CEA is a cell surface glycoprotein normally expressed in fetal tissue and transcriptionally silent in adults. It is a member of the immunoglobulin supergene family found on chromosome 19. CEA functions as an intercellular adhesion molecule and plays an important role during development. However, CEA overexpression is associated with a variety of cancers of epithelial origin. Serum CEA elevation is observed in over 60% of patients with metastatic colorectal cancer. Expression of CEA in epithelial tumors occurs at the level of gene transcription and essential transcriptional regulatory elements of the CEA gene can therefore be exploited therapeutically by inserting them into viral vectors. Previous studies have demonstrated that incorporating these elements into viral vectors in such a way that they drive the expression of suicide genes can confer target specificity.

Cell Genesys have now used a similar approach to engineer a replication-competent oncolytic virus in which the CEA transcriptional regulatory elements were exploited to drive the expression of the viral E1A gene that is essential for replication. In particular a construct consisting of the enhancer 1 region and the promoter of CEA drove high levels of gene expression in a luciferase gene expression assay. A recombinant adenoviruses was then constructed in which the native E1A gene region was replaced by the CEA enhancer 1/promoter region. This resulted in an approximate 1000-fold selectivity for viral replication in CEA positive compared to CEA negative cancer cells. In vivo efficacy was observed for this engineered virus. In mice xenografted with the CEA positive human colon cancer LoVo cell lines, the engineered virus was able to dramatically prevent tumor growth. Indeed while tumor size increased 10-fold over the 4 week study period in untreated mice, tumor size in those treated with the engineered virus remained largely unchanged with no adverse effects being observed.

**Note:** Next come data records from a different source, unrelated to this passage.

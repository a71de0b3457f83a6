// The strict check: whether bytes are the encoding of an item tree, and of how many items and levels.
//
// The check of an item and the check of a payload of items call each other, levels falling;
// neighbours are a loop, so that the stack holds at most 17 levels whatever the sheet.
#![tactic(auto)]

ghost use Rattle.std.specs.Prelude.{◌≡◌, ℕ, IfOk, IfSome, Ok};
ghost use Rattle.strict.specs.Strict.{is_spare, strict, strict_items};
ghost use Rattle.strict.specs.Claims.{Claimed};
ghost use Rattle.strict.specs.Steps.{string_of, front_at, row_at};

use rlp::Refusal;

// How many items there are, and how deep.
#[derive(Clone, Copy, Debug, PartialEq, Eq)]
pub struct Tally {
    pub items: usize,
    pub depth: usize,
}

// The item at the front of some bytes: its tally, itself included, and its bytes.
#[derive(Clone, Copy)]
struct Took {
    tally: Tally,
    size: usize,
}

// All items of a payload: how many at the top, and the tally of all.
#[derive(Clone, Copy)]
struct Run {
    top: usize,
    tally: Tally,
}

// 81 with a byte below 80.
#[tactic(auto, unfolding(crate::specs::Strict::is_spare, value::specs::Value::spare))]
fn is_spare(bytes: &[u8]) -> bool
    ensures { result ≡ is_spare bytes.now }
{
    matches!(bytes, [0x81, 0..=0x7f, ..])
}

// A string of so many bytes, its header among them.
fn string(size: usize) -> Took
    ensures { result ≡ string_of size }
{
    let tally = Tally { items: 1, depth: 0 };
    Took { tally, size }
}

// The size of an item that is a byte below 80, or a short string but 81, and stands whole at the
// front. Most items of a sheet are such, and are checked by this number alone.
fn short(bytes: &[u8]) -> Option<usize>
    ensures { IfSome result (λ size. (levels : ℕ) → Ok (string_of size) ≡ front_at levels bytes.now) }
{
    let [first, ..] = bytes else {
        return None;
    };
    match first {
        0..=0x7f => Some(1),
        0x81 | 0xb8..=0xff => None,
        _ => {
            let size = usize::from(*first - 0x7f);
            (size <= bytes.len()).then_some(size)
        }
    }
}

// The item at the front, by the shorter way where there is one.
#[cycle(check_front_check_item_check_payload)]
fn check_front(bytes: &[u8], levels: usize) -> Result<Took, Refusal>
    ensures { result ≡ front_at levels bytes.now }
{
    match short(bytes) {
        Some(size) => Ok(string(size)),
        None => check_item(bytes, levels),
    }
}

// The item at the front, with so many levels left for it.
#[cycle(check_front_check_item_check_payload)]
#[tactic(auto, using(crate::proofs::Rules::item_steps), unfolding(rlp::specs::Refusals::also, rlp::specs::Refusals::unless))]
fn check_item(bytes: &[u8], levels: usize) -> Result<Took, Refusal>
    ensures { result ≡ front_at levels bytes.now }
{
    let info = header::payload_info(bytes)?;
    let start = info.header_len;
    let end = start + info.value_len;
    if list::is_list(bytes) {
        if levels == 0 {
            return Err(Refusal::TooDeep);
        }
        let run = check_payload(&bytes[start..end], levels - 1)?;
        let tally = Tally {
            items: run.tally.items + 1,
            depth: run.tally.depth + 1,
        };
        return Ok(Took { tally, size: end });
    }
    if is_spare(bytes) {
        return Err(Refusal::RlpInvalidIndirection);
    }
    Ok(string(end))
}

// All items of a payload, with so many levels left for each. No index is counted: the step is what the callee answers, and the
// slice shrinks by it.
#[cycle(check_front_check_item_check_payload)]
#[tactic(auto, using(crate::proofs::Rules::row_steps))]
fn check_payload(bytes: &[u8], levels: usize) -> Result<Run, Refusal>
    ensures { result ≡ row_at levels bytes.now }
{
    let mut rest = bytes;
    let mut top = 0;
    let mut items = 0;
    let mut depth = 0;
    while !rest.is_empty() {
        let took = check_front(rest, levels)?;
        top += 1;
        items += took.tally.items;
        depth = took.tally.depth.max(depth);
        rest = &rest[took.size..];
    }
    let tally = Tally { items, depth };
    Ok(Run { top, tally })
}

// The strict check of a sheet: exactly the encodings of item trees within the limits are accepted.
#[tactic(auto, using(crate::proofs::Rules::check_steps), unfolding(rlp::specs::Refusals::also, rlp::specs::Refusals::unless))]
pub fn check(bytes: &[u8]) -> Result<Tally, Refusal>
    ensures { result ≡ strict bytes.now }
{
    if rlp::LIMIT < bytes.len() {
        return Err(Refusal::TooLarge);
    }
    let took = check_item(bytes, rlp::LEVELS)?;
    if took.size != bytes.len() {
        return Err(Refusal::TrailingBytes);
    }
    Ok(took.tally)
}

// The strict check of bytes read as a list's payload, that list being no level: how many items
// there are at the top, and how deep they are.
#[tactic(auto, using(crate::proofs::Rules::check_steps), unfolding(rlp::specs::Refusals::also, rlp::specs::Refusals::unless))]
pub fn check_items(bytes: &[u8]) -> Result<Tally, Refusal>
    ensures { result ≡ strict_items bytes.now }
{
    if rlp::LIMIT < bytes.len() {
        return Err(Refusal::TooLarge);
    }
    let run = check_payload(bytes, rlp::LEVELS)?;
    Ok(Tally {
        items: run.top,
        depth: run.tally.depth,
    })
}

// What specs/Claims.antt claims is proved.
fn claimed()
    ensures { Claimed }
{}
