//! Commands.
ghost use Rattle.std.specs.Prelude.{◌≡◌, ◌<◌, ◌≤◌, length, IfOk, IfErr, IsTrue};
ghost use Rattle.sh_text.specs.Reading.{Gives, left_of, begins_item, output_at, item_at, items_at, command_at};

use crate::bytes::{after_blanks, ends_word};
use crate::fault::{Halt, stop_at};
use crate::tree::{Command, Words};
use crate::words::{target, word};
use std::alloc::Global;

/// Whether a word or a redirection of this command comes next. A second input or output does not
/// belong to it.
fn begins_item(command: &Command, bytes: &[u8]) -> bool
    ensures { result ≡ begins_item command.now bytes.now }
{
    match bytes {
        [b'<', ..] => command.input.is_none(),
        [b'>', ..] => command.output.is_none(),
        [byte, ..] => !ends_word(*byte),
        [] => false,
    }
}

/// The command with an output to the word that comes next, and the bytes after it.
#[tactic(auto, unfolding(crate::specs::Reading::output_at))]
fn output(
    alloc: Global,
    mut command: Command,
    append: bool,
    bytes: &[u8],
) -> Result<(Command, &[u8]), Halt>
    ensures gives { Gives (λ x. (x.0, x.1.now)) result (output_at command append bytes.now) }
    ensures within { IfErr result (λ halt. left_of halt ≤ length bytes.now) }
    ensures shorter { IfOk result (λ x. length x.1.now < length bytes.now) }
{
    let (word, rest) = target(alloc, bytes)?;
    command.output = Some(word);
    command.append = append;
    Ok((command, rest))
}

/// The command with one word or redirection more, and the bytes after that.
#[tactic(auto, unfolding(crate::specs::Reading::item_at))]
fn item(alloc: Global, mut command: Command, bytes: &[u8]) -> Result<(Command, &[u8]), Halt>
    ensures gives { Gives (λ x. (x.0, x.1.now)) result (item_at command bytes.now) }
    ensures within { IfErr result (λ halt. left_of halt ≤ length bytes.now) }
    ensures shorter { IfOk result (λ x. length x.1.now < length bytes.now) }
{
    match bytes {
        [b'<', rest @ ..] => {
            let (word, rest) = target(alloc, rest)?;
            command.input = Some(word);
            Ok((command, rest))
        }
        [b'>', b'>', rest @ ..] => output(alloc, command, true, rest),
        [b'>', rest @ ..] => output(alloc, command, false, rest),
        _ => {
            let (word, rest) = word(alloc, bytes)?;
            command.words.push(word)?;
            Ok((command, rest))
        }
    }
}

/// Words and redirections as far as they go, and the bytes after them and after blanks.
#[tactic(auto, unfolding(crate::specs::Reading::items_at))]
fn items(alloc: Global, bytes: &[u8]) -> Result<(Command, &[u8]), Halt>
    ensures gives { Gives (λ x. (x.0, x.1.now)) result (items_at bytes.now) }
    ensures within { IfErr result (λ halt. left_of halt ≤ length bytes.now) }
    ensures shorter { IfOk result (λ x. length x.1.now ≤ length bytes.now) }
{
    let mut command = Command {
        words: Words::new(alloc),
        input: None,
        output: None,
        append: false,
    };
    let mut rest = after_blanks(bytes);
    while begins_item(&command, rest) {
        let (longer, after) = item(alloc, command, rest)?;
        command = longer;
        rest = after_blanks(after);
    }
    Ok((command, rest))
}

/// A command, which has at least one word, and the bytes after it and after blanks.
#[tactic(auto, unfolding(crate::specs::Reading::command_at))]
pub(crate) fn command(alloc: Global, bytes: &[u8]) -> Result<(Command, &[u8]), Halt>
    ensures gives { Gives (λ x. (x.0, x.1.now)) result (command_at bytes.now) }
    ensures within { IfErr result (λ halt. left_of halt ≤ length bytes.now) }
    ensures shorter { IfOk result (λ x. length x.1.now ≤ length bytes.now) }
{
    let (command, rest) = items(alloc, bytes)?;
    if command.words.is_empty() {
        return Err(Halt::Text(stop_at(rest)));
    }
    Ok((command, rest))
}
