//! Lines of a shell as trees, after the shell language of POSIX.1 (XCU chapter 2), of which it has
//! lists, background jobs, pipelines, words, quotes, and redirections of input and output.
//!
//! Jobs end with `;`, with `&` in the background, or with the line, and a job is up to eight
//! commands joined by `|`. That limit, that a command has at most one input and one output and at
//! least one word, and the places of faults are this crate's own.
#![tactic(auto)]

mod bytes;
mod command;
mod fault;
mod item_list;
mod jobs;
pub mod laws;
mod line;
mod tree;
mod words;

pub use fault::{NoMemory, ShFault};
pub use item_list::ItemList;
pub use jobs::MOST_COMMANDS;
pub use line::read_line;
pub use tree::{Command, Commands, Job, Jobs, Line, Word, Words};
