//! Why a line gives no tree.
ghost use Rattle.std.specs.Prelude.{◌≡◌};
ghost use Rattle.sh_text.specs.declared.fault.Halt.TheVariants.{OutOfMemory};
ghost use Rattle.sh_text.specs.Reading.{stop_at};

pub use std::alloc::AllocError as NoMemory;
use thiserror::Error;

/// Why a line could not be read.
#[derive(Clone, Copy, Debug, PartialEq, Eq, Error)]
pub enum ShFault {
    /// The first byte that no line has after those before it, counted from 0, or the length in bytes
    /// of a text that ends too early.
    #[error("byte {at}")]
    Text { at: usize },
    /// Memory ran out.
    #[error("out of memory")]
    NoMemory,
}

/// Where reading stops: how many bytes are left from the fault on.
#[derive(Clone, Copy)]
pub(crate) struct Stop {
    pub(crate) left: usize,
}

/// A fault at the first of these bytes, or at the end where there is none.
pub(crate) fn stop_at(bytes: &[u8]) -> Stop
    ensures { result ≡ stop_at bytes.now }
{
    Stop { left: bytes.len() }
}

/// Why a function of this crate gives nothing.
#[derive(Clone, Copy)]
pub(crate) enum Halt {
    /// A fault of the text.
    Text(Stop),
    /// Memory ran out.
    OutOfMemory,
}

impl From<NoMemory> for Halt {
    ghost from_gives = { λ _ halt. halt ≡ OutOfMemory };

    fn from(_error: NoMemory) -> Halt {
        Halt::OutOfMemory
    }
}
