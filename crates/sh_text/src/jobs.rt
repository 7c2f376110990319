//! Jobs.
ghost use Rattle.std.specs.Prelude.{◌≡◌, ◌-◌, ◌≤◌, length, drop, option_copied, Some, None, IfOk, IfErr, if◌then◌else◌};
ghost use Rattle.std.specs.Str.{byte};
ghost use Rattle.sh_text.specs.Bytes.{begins};
ghost use Rattle.sh_text.specs.Reading.{Gives, left_of, commands_at, ending_at, job_at, jobs_at};

use crate::bytes::after_blanks;
use crate::command::command;
use crate::fault::{Halt, stop_at};
use crate::tree::{Commands, Job, Jobs};
use std::alloc::Global;

/// How many commands a job has at most. The limit is this crate's own.
pub const MOST_COMMANDS: u8 = 8;

/// What follows a bar, where the bytes begin with one.
fn after_bar(bytes: &[u8]) -> Option<&[u8]>
    ensures { option_copied result ≡ (if begins (byte "|") bytes.now then Some (drop 1 bytes.now) else None) }
{
    match bytes.split_first() {
        Some((first, rest)) if *first == b'|' => Some(rest),
        _ => None,
    }
}

/// The commands of a job, and the bytes after them.
#[tactic(auto, unfolding(crate::specs::Reading::commands_at))]
fn commands(alloc: Global, bytes: &[u8]) -> Result<(Commands, &[u8]), Halt>
    ensures gives { Gives (λ x. (x.0, x.1.now)) result (commands_at bytes.now) }
    ensures within { IfErr result (λ halt. left_of halt ≤ length bytes.now) }
    ensures shorter { IfOk result (λ x. length x.1.now ≤ length bytes.now) }
{
    let mut commands = Commands::new(alloc);
    let mut more = MOST_COMMANDS - 1;
    let mut rest = bytes;
    loop {
        let (command, after) = command(alloc, rest)?;
        commands.push(command)?;
        let Some(next) = after_bar(after) else {
            return Ok((commands, after));
        };
        if more == 0 {
            return Ok((commands, after));
        }
        more -= 1;
        rest = next;
    }
}

/// Whether the job that ends here runs in the background, and the bytes after its end.
fn ending(bytes: &[u8]) -> Result<(bool, &[u8]), Halt>
    ensures gives { Gives (λ x. (x.0, x.1.now)) result (ending_at bytes.now) }
    ensures within { IfErr result (λ halt. left_of halt ≤ length bytes.now) }
    ensures shorter { IfOk result (λ x. length x.1.now ≤ length bytes.now - 1) }
{
    match bytes {
        [] => Ok((false, bytes)),
        [b';', rest @ ..] => Ok((false, rest)),
        [b'&', rest @ ..] => Ok((true, rest)),
        _ => Err(Halt::Text(stop_at(bytes))),
    }
}

/// A job, and the bytes after its end.
#[tactic(auto, unfolding(crate::specs::Reading::job_at))]
fn job(alloc: Global, bytes: &[u8]) -> Result<(Job, &[u8]), Halt>
    ensures gives { Gives (λ x. (x.0, x.1.now)) result (job_at bytes.now) }
    ensures within { IfErr result (λ halt. left_of halt ≤ length bytes.now) }
    ensures shorter { IfOk result (λ x. length x.1.now ≤ length bytes.now - 1) }
{
    let (commands, rest) = commands(alloc, bytes)?;
    let (background, rest) = ending(rest)?;
    Ok((
        Job {
            commands,
            background,
        },
        rest,
    ))
}

/// The jobs of a line.
#[tactic(auto, unfolding(crate::specs::Reading::jobs_at))]
pub(crate) fn jobs(alloc: Global, bytes: &[u8]) -> Result<Jobs, Halt>
    ensures gives { Gives (λ x. x) result (jobs_at bytes.now) }
    ensures within { IfErr result (λ halt. left_of halt ≤ length bytes.now) }
{
    let mut jobs = Jobs::new(alloc);
    let mut rest = after_blanks(bytes);
    while !rest.is_empty() {
        let (job, after) = job(alloc, rest)?;
        jobs.push(job)?;
        rest = after_blanks(after);
    }
    Ok(jobs)
}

These exciting data open new paths for the development of oncolytic viruses and the future optimization of such an approach by the development of viruses that selectively replicate in cancer cell and which are also able to transfect the cells with therapeutic genes represents a further area for optimization.


Entry date Tuesday, December 16, 2003

Adapted from Li et al, Mol Cancer Ther. 2003 Oct;2(10):1003-9.